**PROBLEM STATEMENT:** All lines from the entries below that contain the string "doesn" should be copied out.

**Dataset entries:**
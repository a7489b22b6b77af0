mod gathering;

use base_devices::Output;
use base_notes::{Edge, Mark, Notes};
use base_words::Location;
use check_findings::{
    Finding, Lacking, UnchangedParts, altered_at, has_edge, is_executed, operations_outside,
    put_all,
};
use flow_acceptance::counts::product_of;
use flow_acceptance::fixed::Fixed;
use flow_graph::Flow;
use flow_graph::place::{is_listed, is_there};
use print_lines::Sheet;
use read_decks::Deck;
use std::alloc::{AllocError, Global};

/// The most that executed words times counts may be.
const PRODUCT_LIMIT: u128 = 4_000_000;

/// All that keeps a deck from having a bound under its notes, and the loose ends of both.
#[derive(Debug, Drop)]
pub struct Findings {
    all: Vec<Finding>,
    /// Whether marks are lacking, and the notes are long once they have them.
    long: bool,
}

impl Findings {
    ghost use Rattle.std.specs.Prelude.{◌≡◌, ◌++◌, [], ◌∷◌, ◌↔◌, ℕ, ◌+◌, ◌-◌, ◌<◌, ◌≤◌};
    ghost use Rattle.std.specs.Prelude.{map, flat_map, IsTrue, IfOk, OnOk};
    ghost use Rattle.std.specs.List.{list_all, range_with_len};
    ghost use Rattle.base_words.specs.Location.{IsLocation};
    ghost use Rattle.read_decks.specs.InDeck.{loads_in};
    ghost use Rattle.base_notes.specs.EdgeOf.{edge_of};
    ghost use Rattle.flow_graph.specs.Accepted as said;
    ghost use Rattle.flow_graph.specs.Executed.{AreAllNodes};
    ghost use Rattle.flow_graph.specs.Flow.{executed_in, nodes_of, of_flow};
    ghost use Rattle.print_lines.specs.Stands.{Passes};
    ghost use Rattle.check_findings.specs.FoundAt.{not_there, unfit, altering, too_many};
    ghost use Rattle.check_findings.specs.Finding.{may_be_meant};
    ghost use Rattle.check_findings.specs.FoundAt.{astray, missing, unused};
    ghost use Rattle.check_findings.specs.FoundAt.{unused_list_at};
    ghost use Rattle.check_findings.specs.Finding.{not_in_profile, alters};
    ghost use Rattle.check_findings.specs.FindingOf.{AreFixed, seen};
    ghost use Rattle.check_findings.specs.UnchangedParts.{kept_of};
    ghost use Rattle.check_findings.specs.Lacking.{check_text, words_altered};
    ghost use Rattle.check_findings.specs.LackingOf.{words_in};
    ghost use Rattle.check_deck.specs.FindingsOf.{found_in, is_long_in};

    /// None yet.
    fn none(alloc: Global) -> Findings
        ensures { found_in result ≡ [] }
    {
        Findings {
            all: Vec::new(alloc),
            long: false,
        }
    }

    /// Adds one.
    fn add(&mut self, finding: Finding) -> Result<(), AllocError>
        ensures { OnOk result (found_in self.new ≡ found_in self.old ++ seen finding ∷ []) }
    {
        self.all.push(finding)?;
        Ok(())
    }

    /// Adds that a location is neither loaded nor listed, if it is so.
    fn add_not_loaded(
        &mut self,
        deck: &Deck,
        notes: &Notes,
        location: Location,
    ) -> Result<(), AllocError>
        ensures { OnOk result (found_in self.new ≡ found_in self.old
            ++ not_there (loads_in deck.now) notes.now location.number) }
    {
        if is_there(deck, notes, location) {
            return Ok(());
        }
        self.add(Finding::NotLoaded(location))
    }

    /// Adds operations of a location that are outside the profile.
    fn add_operations(&mut self, location: Location, operations: &[u8]) -> Result<(), AllocError>
        ensures { OnOk result (found_in self.new ≡ found_in self.old
            ++ map (not_in_profile location.number) operations.now) }
    {
        for op in operations {
            self.add(Finding::NotInProfile(location, *op))?;
        }
        Ok(())
    }

    /// Adds words that the instructions of a location alter, each with what they keep of it.
    fn add_words(
        &mut self,
        flow: &Flow<'_>,
        writer: Location,
        words: &[Location],
    ) -> Result<(), AllocError>
        ensures { OnOk result (found_in self.new ≡ found_in self.old
            ++ map (λ word. alters writer.number word.number
            (kept_of (loads_in flow.now.deck.now) flow.now.notes.now writer.number
            word.number)) words.now) }
    {
        for word in words {
            self.add(Finding::Alters {
                writer,
                word: *word,
                kept: UnchangedParts::of(flow.deck(), flow.notes(), writer, *word),
            })?;
        }
        Ok(())
    }

    /// Adds what was found elsewhere.
    fn add_all(&mut self, findings: &[Finding]) -> Result<(), AllocError>
        ensures { OnOk result (found_in self.new ≡ found_in self.old ++ map seen findings.now) }
    {
        for finding in findings {
            self.add(*finding)?;
        }
        Ok(())
    }

    /// Adds what is wrong with a location by itself.
    fn add_unfit(
        &mut self,
        alloc: Global,
        flow: &Flow<'_>,
        location: Location,
    ) -> Result<(), AllocError>
        ensures { OnOk result (found_in self.new ≡ found_in self.old
            ++ unfit (loads_in flow.now.deck.now) flow.now.notes.now location.number) }
    {
        self.add_not_loaded(flow.deck(), flow.notes(), location)?;
        let operations = operations_outside(alloc, flow.deck(), flow.notes(), location)?;
        self.add_operations(location, &operations)
    }

    /// Adds the words that the instructions of a location alter.
    fn add_altering(
        &mut self,
        alloc: Global,
        flow: &Flow<'_>,
        fixed: &Fixed,
        location: Location,
    ) -> Result<(), AllocError>
        requires { AreFixed flow.now fixed.now }
        ensures { OnOk result (found_in self.new ≡ found_in self.old
            ++ altering (loads_in flow.now.deck.now) flow.now.notes.now (executed_in flow.now)
            location.number) }
    {
        let altered = altered_at(alloc, flow, fixed, location)?;
        self.add_words(flow, location, altered.locations())
    }

    /// Adds what is wrong with each executed location by itself.
    fn add_all_unfit(&mut self, alloc: Global, flow: &Flow<'_>) -> Result<(), AllocError>
        ensures { OnOk result (found_in self.new ≡ found_in self.old
            ++ flat_map (unfit (loads_in flow.now.deck.now) flow.now.notes.now)
            (executed_in flow.now)) }
    {
        for location in flow.executed() {
            self.add_unfit(alloc, flow, *location)?;
        }
        Ok(())
    }

    /// Adds the words that the instructions of each executed location alter.
    fn add_all_altering(
        &mut self,
        alloc: Global,
        flow: &Flow<'_>,
        fixed: &Fixed,
    ) -> Result<(), AllocError>
        requires { AreFixed flow.now fixed.now }
        ensures { OnOk result (found_in self.new ≡ found_in self.old
            ++ flat_map (altering (loads_in flow.now.deck.now) flow.now.notes.now
            (executed_in flow.now)) (executed_in flow.now)) }
    {
        for location in flow.executed() {
            self.add_altering(alloc, flow, fixed, *location)?;
        }
        Ok(())
    }

    /// Adds that the analysis is too large, if it is, and if the notes are short.
    fn add_size(&mut self, flow: &Flow<'_>) -> Result<(), AllocError>
        ensures { OnOk result (found_in self.new ≡ found_in self.old ++ too_many flow.now.notes.now
            (said.product_of (executed_in flow.now) flow.now.notes.now.marks)) }
    {
        if !flow.notes().is_short() {
            return Ok(());
        }
        let product = product_of(flow.executed().len(), flow.notes().marks());
        if product <= PRODUCT_LIMIT {
            return Ok(());
        }
        self.add(Finding::TooLarge(product))
    }

    /// Adds that a mark stands on an edge that the flow graph doesn't have, if it is so.
    fn add_missing(&mut self, alloc: Global, flow: &Flow<'_>, edge: Edge) -> Result<(), AllocError>
        requires { of_flow AreAllNodes flow.now (nodes_of flow.now) }
        ensures { OnOk result (found_in self.new ≡ found_in self.old
            ++ missing (loads_in flow.now.deck.now) flow.now.notes.now (nodes_of flow.now)
            (edge_of edge)) }
    {
        if has_edge(alloc, flow, edge.from, edge.onto)? {
            return Ok(());
        }
        self.add(Finding::UnusedMark(edge))
    }

    /// Adds those of some edges of a mark that the flow graph doesn't have.
    fn add_all_missing(
        &mut self,
        alloc: Global,
        flow: &Flow<'_>,
        edges: &[Edge],
    ) -> Result<(), AllocError>
        requires { of_flow AreAllNodes flow.now (nodes_of flow.now) }
        ensures { OnOk result (found_in self.new ≡ found_in self.old
            ++ flat_map (missing (loads_in flow.now.deck.now) flow.now.notes.now
            (nodes_of flow.now)) (map edge_of edges.now)) }
    {
        for edge in edges {
            self.add_missing(alloc, flow, *edge)?;
        }
        Ok(())
    }

    /// Adds those edges of a mark that the flow graph doesn't have.
    fn add_astray(&mut self, alloc: Global, flow: &Flow<'_>, mark: &Mark) -> Result<(), AllocError>
        requires { of_flow AreAllNodes flow.now (nodes_of flow.now) }
        ensures { OnOk result (found_in self.new ≡ found_in self.old
            ++ astray (loads_in flow.now.deck.now) flow.now.notes.now (nodes_of flow.now)
            mark.now) }
    {
        self.add_missing(alloc, flow, mark.first())?;
        self.add_all_missing(alloc, flow, mark.others.all())
    }

    /// Adds each edge of a mark that the flow graph doesn't have.
    fn add_all_astray(&mut self, alloc: Global, flow: &Flow<'_>) -> Result<(), AllocError>
        requires { of_flow AreAllNodes flow.now (nodes_of flow.now) }
        ensures { OnOk result (found_in self.new ≡ found_in self.old
            ++ flat_map (astray (loads_in flow.now.deck.now) flow.now.notes.now
            (nodes_of flow.now)) flow.now.notes.now.marks) }
    {
        for mark in flow.notes().marks() {
            self.add_astray(alloc, flow, mark)?;
        }
        Ok(())
    }

    /// Adds that a location which isn't executed has a list, if it is so.
    fn add_unused_list(&mut self, flow: &Flow<'_>, location: Location) -> Result<(), AllocError>
        ensures { OnOk result (found_in self.new ≡ found_in self.old
            ++ unused_list_at flow.now.notes.now (executed_in flow.now) location.number) }
    {
        if !is_listed(flow.notes(), location) {
            return Ok(());
        }
        if is_executed(flow, location) {
            return Ok(());
        }
        self.add(Finding::UnusedList(location))
    }

    /// Adds each of these locations, from a number on and below another one, that has a list and
    /// isn't executed.
    fn add_all_unused_lists(
        &mut self,
        flow: &Flow<'_>,
        from: u16,
        below: u16,
    ) -> Result<(), AllocError>
        requires locations { (n : ℕ) → from ≤ n → n < below → IsLocation n }
        ensures { OnOk result (found_in self.new ≡ found_in self.old
            ++ flat_map (unused_list_at flow.now.notes.now (executed_in flow.now))
            (range_with_len from (below - from))) }
    {
        for number in from..below {
            let Some(location) = Location::new(number) else {
                unreachable!()
            };
            self.add_unused_list(flow, location)?;
        }
        Ok(())
    }

    /// Adds the marks and the lists that nothing comes to.
    fn add_unused(&mut self, alloc: Global, flow: &Flow<'_>) -> Result<(), AllocError>
        requires { of_flow AreAllNodes flow.now (nodes_of flow.now) }
        ensures { OnOk result (found_in self.new ≡ found_in self.old
            ++ unused (loads_in flow.now.deck.now) flow.now.notes.now (executed_in flow.now)
            (nodes_of flow.now)) }
    {
        self.add_all_astray(alloc, flow)?;
        self.add_all_unused_lists(flow, 0, Location::DRUM)?;
        self.add_all_unused_lists(flow, 8000, 8004)
    }

    /// The words that lack a list, by what was found.
    ///
    /// # Errors
    ///
    /// [`AllocError`] where there is no memory.
    pub fn lacking(&self, alloc: Global) -> Result<Lacking, AllocError>
        ensures { IfOk result (λ lacking. words_in lacking ≡ words_altered (found_in self.now)) }
    {
        Lacking::of(alloc, &self.all)
    }

    /// Puts what was found, a line each, and then the notes that are lacking, as TOML: a mark for
    /// each edge that closes a loop, or for several that share it, with the number of the mark
    /// inside which it stands, behind a line that says so where these make long notes; and a list
    /// for each word that is altered. What is lacking has to be that of what was found. It takes no
    /// memory.
    #[tactic(auto, using(print_lines::proofs::Passing::passing))]
    pub fn put<O: Output>(&self, sheet: &mut Sheet, writer: &mut O, lacking: &Lacking)
        requires { words_in lacking.now ≡ words_altered (found_in self.now) }
        ensures { Passes (O.device writer.old) sheet.old (O.device writer.new) sheet.new
            (check_text (is_long_in self.now) (found_in self.now)) }
    {
        put_all(sheet, writer, self.as_slice(), self.long, lacking);
    }

    /// Whether nothing was found at all.
    pub fn is_empty(&self) -> bool
        ensures { IsTrue result ↔ (found_in self.now ≡ []) }
    {
        self.all.is_empty()
    }

    /// Whether all that was found may be meant as it is: words alone that nothing comes to, and
    /// marks that don't say inside which other one they stand.
    pub fn may_be_meant(&self) -> bool
        ensures { result ≡ list_all may_be_meant (found_in self.now) }
    {
        Finding::may_all_be_meant(&self.all)
    }

    /// What was found, in order.
    pub fn as_slice(&self) -> &[Finding]
        ensures { map seen result.now ≡ found_in self.now }
    {
        &self.all
    }
}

**SOLUTION TO THIS EXERCISE:**
    /// Adds that a mark stands on an edge that the flow graph doesn't have, if it is so.
    /// Adds those of some edges of a mark that the flow graph doesn't have.
    /// Adds those edges of a mark that the flow graph doesn't have.
    /// Adds each edge of a mark that the flow graph doesn't have.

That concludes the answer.